Tuesday, May 25, 2010

Bono Injury Forces Scrapped U2 Tour

This is not a news flash, as it's been pretty well covered this week. U2 singer Bono injured his back severely enough in rehearsals to require emergency back surgery in Germany last week. Originally a couple of shows were scrapped but now the U.S tour is postponed as well.

Why is this a big deal, besides the obvious concern for Bono's health and the inconvenience and disappointment of the people who made travel plans to attend the enormous shows?
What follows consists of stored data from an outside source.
// The calls as C sees them (include/hullplaiter.h): each wraps one public call and gives 01's numbers, and 02's, for its answer.
// No call asks anything of its caller, and none keeps anything from call to call.
#![tactic(auto)]

ghost use Rattle.std.specs.Prelude.{◌≡◌, ◌<◌};
ghost use Rattle.card.specs.Command.{answer_told};
ghost use Rattle.referred.specs.Deciding.{Bounded};
ghost use Rattle.abi.specs.Numbers.{edition_of, state_of, packed, told_numbers, place_numbers};
ghost use Rattle.abi.specs.Promises.{HullMake, HullCommand, HullReport, HullSound, HullRule};

use card::{Answer, CommandError};
use maker::Edition;
use referred::Place;
use rules::Sets;
use verdict::State;

// Makes a fresh image of a buffer, a card of that kind: 0, or 2, 3, 4 with the buffer as it came.
#[unsafe(no_mangle)]
pub extern "C" fn hull_make(image: &mut [u8], kind: u32, total: u32, form: u32, rule: &[u8]) -> u32
    ensures { HullMake image.old (edition_of kind) total form rule.now result image.new }
{
    match maker::fresh::make(image, Edition { version: kind }, total, form, rule) {
        Ok(()) => 0,
        Err(e) => e as u32,
    }
}

// The answer of a reply above the sixteen bits of its word.
fn packed(reply: Result<Answer, CommandError>) -> u32
    ensures { result ≡ packed reply }
{
    match reply {
        Ok(answer) => u32::from(answer.word),
        Err(CommandError::Card(e)) => 65536 * (e as u32),
        Err(CommandError::Short) => 65536 * 5,
    }
}

// What a reply tells beside its word: how many bytes of data, what a security refusal lacks (0 no refusal, 1 lacking, 2 closed), and 0.
fn told_numbers(reply: Result<Answer, CommandError>) -> [u32; 3]
    requires { answer_told reply < 65536 }
    ensures { result ≡ told_numbers reply }
{
    match reply {
        Ok(answer) => [answer.told as u32, answer.security as u32, 0],
        Err(_) => [0; 3],
    }
}

// One command on an image and its pool: 65536 times the answer, plus the word; what it tells at the start of the response, and three
// numbers.
#[unsafe(no_mangle)]
pub extern "C" fn hull_command(
    image: &mut [u8],
    pool: &mut [u8],
    command: &[u8],
    response: &mut [u8],
    messaging: u16,
    external: u16,
    user: u16,
    channels: u8,
    numbers: &mut [u32; 3],
) -> u32
    ensures { HullCommand image.old pool.old command.now (state_of messaging external user channels)
        response.old result image.new pool.new response.new numbers.new }
{
    let sets = Sets {
        messaging,
        external,
        user,
    };
    let state = State { sets, channels };
    let reply = card::command(image, pool, command, response, state);
    *numbers = told_numbers(reply);
    packed(reply)
}

// The report: its answer, and its four numbers in the lent array.
#[unsafe(no_mangle)]
pub extern "C" fn hull_report(image: &[u8], numbers: &mut [u32; 4]) -> u32
    ensures { HullReport image.now result numbers.new }
{
    match maker::report::report(image) {
        Some(f) => {
            *numbers = [f.total, f.room, f.children, f.beneath];
            0
        }
        None => {
            *numbers = [0; 4];
            1
        }
    }
}

// Whether an image is sound: 1 or 0.
#[unsafe(no_mangle)]
pub extern "C" fn hull_sound(image: &[u8]) -> u32
    ensures { HullSound image.now result }
{
    u32::from(sound_test::sound(image))
}

// A place as three numbers, which the header for C gives: 0 nowhere, 1 in the image, 2 in the pool; the first byte; how many there are.
fn place_numbers(place: Option<Place>) -> [u32; 3]
    requires { Bounded place }
    ensures { result ≡ place_numbers place }
{
    match place {
        None => [0; 3],
        Some(Place::InImage { from, to }) => [1, from as u32, (to - from) as u32],
        Some(Place::InPool { from, to }) => [2, from as u32, (to - from) as u32],
    }
}

// Where the rule that decides on the file in a slot stands: the answer, and three numbers in the lent array.
#[unsafe(no_mangle)]
pub extern "C" fn hull_rule(image: &[u8], pool: &[u8], slot: u32, numbers: &mut [u32; 3]) -> u32
    ensures { HullRule image.now pool.now slot result numbers.new }
{
    match card::standing::ruling(image, pool, slot as usize) {
        Ok(place) => {
            *numbers = place_numbers(place);
            0
        }
        Err(e) => {
            *numbers = [0; 3];
            e as u32
        }
    }
}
Well, this is not just a typical big arena tour, but rather a continuation of the massive 360 tour. Some info on the logistics from last year:

The cylindrical 360 degree video screen weighs 54 tons and opens up in a scissor-like fashion to resemble an enormous gyro. Fully extended, it covers an area of 14,000 square feet which is as big as 2 doubles tennis courts. The video screen is made up of over 1 million pieces… 500,000 pixels, 320,000 fasteners, 30,000 cables and 150,000 machined pieces. Once the show is over, it takes 6 hours for the production team to dismantle the stage and another 48 hours for the road crew to take down the super-structure and get it loaded onto the trucks. The stage cost $40 million to design and build and that was just for the first one. The band is currently traveling around North America with 3 complete stages tended to by 500 crew members who are using 189 Semi-trucks for its transport.

That means Bono's back surgery is going to cost the band millions of dollars. Note that manager Paul McGuinness after delivering the perfunctory "The band is devastated they can't play for you because they are artists" line, betrays to Reuters the very real monetary concern of this disaster:

Paul McGuinness, speaking to Reuters outside the Munich hospital where the operation was performed on Friday, said the 50-year-old singer "feels awful" about the tour changes, which will affect over a million fans. "Clearly this is a serious injury and the recuperation time necessary to rehabilitate Bono is a big problem for the U2 tour and has unfortunately necessitated the postponement of 16 shows in North America," he said. As well as the band and fans, the injury will also hit Live Nation, the music concert company which signed a 12-year deal to handle merchandising, digital and branding rights and touring for one of the world's most successful bands. "Obviously Bono feels terrible about missing these shows and we are working as fast as we can with Live Nation to reinstate them and reschedule them for next year," McGuinness said.

Let's hope Bono gets better and doesn't worry about the dollars. Money comes and goes but your health is paramount!